- [Task details]
Please reproduce every entry, keeping each one exact.

[Records drawn from a dataset]
***

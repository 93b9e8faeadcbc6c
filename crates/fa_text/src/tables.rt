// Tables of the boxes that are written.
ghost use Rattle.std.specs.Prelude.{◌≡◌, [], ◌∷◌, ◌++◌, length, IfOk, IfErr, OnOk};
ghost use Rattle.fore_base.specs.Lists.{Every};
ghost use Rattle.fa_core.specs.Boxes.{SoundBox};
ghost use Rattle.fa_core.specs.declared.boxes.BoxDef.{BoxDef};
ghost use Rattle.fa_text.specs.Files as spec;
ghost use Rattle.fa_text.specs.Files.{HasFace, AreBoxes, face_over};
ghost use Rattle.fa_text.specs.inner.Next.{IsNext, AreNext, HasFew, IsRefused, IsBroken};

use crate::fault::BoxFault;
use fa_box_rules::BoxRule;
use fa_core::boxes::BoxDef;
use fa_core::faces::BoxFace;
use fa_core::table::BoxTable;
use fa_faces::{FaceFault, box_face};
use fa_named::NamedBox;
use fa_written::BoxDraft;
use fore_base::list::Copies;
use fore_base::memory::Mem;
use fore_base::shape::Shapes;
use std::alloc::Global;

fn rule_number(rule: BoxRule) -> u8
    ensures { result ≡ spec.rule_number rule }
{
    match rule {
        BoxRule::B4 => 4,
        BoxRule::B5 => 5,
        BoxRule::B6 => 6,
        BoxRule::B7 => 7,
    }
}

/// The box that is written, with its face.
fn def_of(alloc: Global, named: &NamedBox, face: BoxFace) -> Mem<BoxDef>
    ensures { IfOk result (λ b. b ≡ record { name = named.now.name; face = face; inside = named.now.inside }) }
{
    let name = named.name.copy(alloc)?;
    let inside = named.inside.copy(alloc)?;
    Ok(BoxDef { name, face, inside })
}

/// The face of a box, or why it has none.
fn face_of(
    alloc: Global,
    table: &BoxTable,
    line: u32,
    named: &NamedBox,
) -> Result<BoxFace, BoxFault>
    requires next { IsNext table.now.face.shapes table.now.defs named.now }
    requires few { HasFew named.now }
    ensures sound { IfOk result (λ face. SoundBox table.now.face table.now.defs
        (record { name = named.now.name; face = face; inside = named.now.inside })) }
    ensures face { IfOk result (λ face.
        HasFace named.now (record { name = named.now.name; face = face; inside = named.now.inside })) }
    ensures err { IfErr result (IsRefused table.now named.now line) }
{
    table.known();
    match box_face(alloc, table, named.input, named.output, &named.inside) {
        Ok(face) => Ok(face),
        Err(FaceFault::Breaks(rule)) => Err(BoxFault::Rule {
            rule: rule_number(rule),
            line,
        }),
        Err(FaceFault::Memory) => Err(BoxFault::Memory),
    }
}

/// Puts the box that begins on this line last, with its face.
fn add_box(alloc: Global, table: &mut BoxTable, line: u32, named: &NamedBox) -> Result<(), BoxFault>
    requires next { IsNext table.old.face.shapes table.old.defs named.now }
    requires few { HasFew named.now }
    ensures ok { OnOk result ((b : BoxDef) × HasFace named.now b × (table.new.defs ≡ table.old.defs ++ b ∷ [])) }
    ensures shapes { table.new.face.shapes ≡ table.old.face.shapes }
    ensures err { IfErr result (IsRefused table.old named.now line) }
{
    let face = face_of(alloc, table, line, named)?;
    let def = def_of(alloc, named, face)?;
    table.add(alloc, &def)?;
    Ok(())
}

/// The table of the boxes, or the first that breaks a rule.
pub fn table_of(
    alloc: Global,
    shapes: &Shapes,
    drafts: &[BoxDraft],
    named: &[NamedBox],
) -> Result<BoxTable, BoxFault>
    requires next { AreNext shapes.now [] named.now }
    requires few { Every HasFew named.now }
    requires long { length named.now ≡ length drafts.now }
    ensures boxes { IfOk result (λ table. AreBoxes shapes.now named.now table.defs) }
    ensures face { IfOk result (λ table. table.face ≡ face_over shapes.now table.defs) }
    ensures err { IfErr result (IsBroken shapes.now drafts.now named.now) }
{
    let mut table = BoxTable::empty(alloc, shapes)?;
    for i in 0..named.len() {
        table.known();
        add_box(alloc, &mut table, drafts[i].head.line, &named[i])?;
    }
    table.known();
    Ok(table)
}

***

- [Written response]
repository 93b9e8faeadcbc6c
filename crates/fa_text/src/tables.rt
// Tables of the boxes that are written.
ghost use Rattle.std.specs.Prelude.{◌≡◌, [], ◌∷◌, ◌++◌, length, IfOk, IfErr, OnOk};
ghost use Rattle.fore_base.specs.Lists.{Every};
ghost use Rattle.fa_core.specs.Boxes.{SoundBox};
ghost use Rattle.fa_core.specs.declared.boxes.BoxDef.{BoxDef};
ghost use Rattle.fa_text.specs.Files as spec;
ghost use Rattle.fa_text.specs.Files.{HasFace, AreBoxes, face_over};
ghost use Rattle.fa_text.specs.inner.Next.{IsNext, AreNext, HasFew, IsRefused, IsBroken};

use crate::fault::BoxFault;
use fa_box_rules::BoxRule;
use fa_core::boxes::BoxDef;
use fa_core::faces::BoxFace;
use fa_core::table::BoxTable;
use fa_faces::{FaceFault, box_face};
use fa_named::NamedBox;
use fa_written::BoxDraft;
use fore_base::list::Copies;
use fore_base::memory::Mem;
use fore_base::shape::Shapes;
use std::alloc::Global;

fn rule_number(rule: BoxRule) -> u8
    ensures { result ≡ spec.rule_number rule }
{
    match rule {
        BoxRule::B4 => 4,
        BoxRule::B5 => 5,
        BoxRule::B6 => 6,
        BoxRule::B7 => 7,
    }
}

/// The box that is written, with its face.
fn def_of(alloc: Global, named: &NamedBox, face: BoxFace) -> Mem<BoxDef>
    ensures { IfOk result (λ b. b ≡ record { name = named.now.name; face = face; inside = named.now.inside }) }
{
    let name = named.name.copy(alloc)?;
    let inside = named.inside.copy(alloc)?;
    Ok(BoxDef { name, face, inside })
}

/// The face of a box, or why it has none.
fn face_of(
    alloc: Global,
    table: &BoxTable,
    line: u32,
    named: &NamedBox,
) -> Result<BoxFace, BoxFault>
    requires next { IsNext table.now.face.shapes table.now.defs named.now }
    requires few { HasFew named.now }
    ensures sound { IfOk result (λ face. SoundBox table.now.face table.now.defs
        (record { name = named.now.name; face = face; inside = named.now.inside })) }
    ensures face { IfOk result (λ face.
        HasFace named.now (record { name = named.now.name; face = face; inside = named.now.inside })) }
    ensures err { IfErr result (IsRefused table.now named.now line) }
{
    table.known();
    match box_face(alloc, table, named.input, named.output, &named.inside) {
        Ok(face) => Ok(face),
        Err(FaceFault::Breaks(rule)) => Err(BoxFault::Rule {
            rule: rule_number(rule),
            line,
        }),
        Err(FaceFault::Memory) => Err(BoxFault::Memory),
    }
}

/// Puts the box that begins on this line last, with its face.
fn add_box(alloc: Global, table: &mut BoxTable, line: u32, named: &NamedBox) -> Result<(), BoxFault>
    requires next { IsNext table.old.face.shapes table.old.defs named.now }
    requires few { HasFew named.now }
    ensures ok { OnOk result ((b : BoxDef) × HasFace named.now b × (table.new.defs ≡ table.old.defs ++ b ∷ [])) }
    ensures shapes { table.new.face.shapes ≡ table.old.face.shapes }
    ensures err { IfErr result (IsRefused table.old named.now line) }
{
    let face = face_of(alloc, table, line, named)?;
    let def = def_of(alloc, named, face)?;
    table.add(alloc, &def)?;
    Ok(())
}

/// The table of the boxes, or the first that breaks a rule.
pub fn table_of(
    alloc: Global,
    shapes: &Shapes,
    drafts: &[BoxDraft],
    named: &[NamedBox],
) -> Result<BoxTable, BoxFault>
    requires next { AreNext shapes.now [] named.now }
    requires few { Every HasFew named.now }
    requires long { length named.now ≡ length drafts.now }
    ensures boxes { IfOk result (λ table. AreBoxes shapes.now named.now table.defs) }
    ensures face { IfOk result (λ table. table.face ≡ face_over shapes.now table.defs) }
    ensures err { IfErr result (IsBroken shapes.now drafts.now named.now) }
{
    let mut table = BoxTable::empty(alloc, shapes)?;
    for i in 0..named.len() {
        table.known();
        add_box(alloc, &mut table, drafts[i].head.line, &named[i])?;
    }
    table.known();
    Ok(table)
}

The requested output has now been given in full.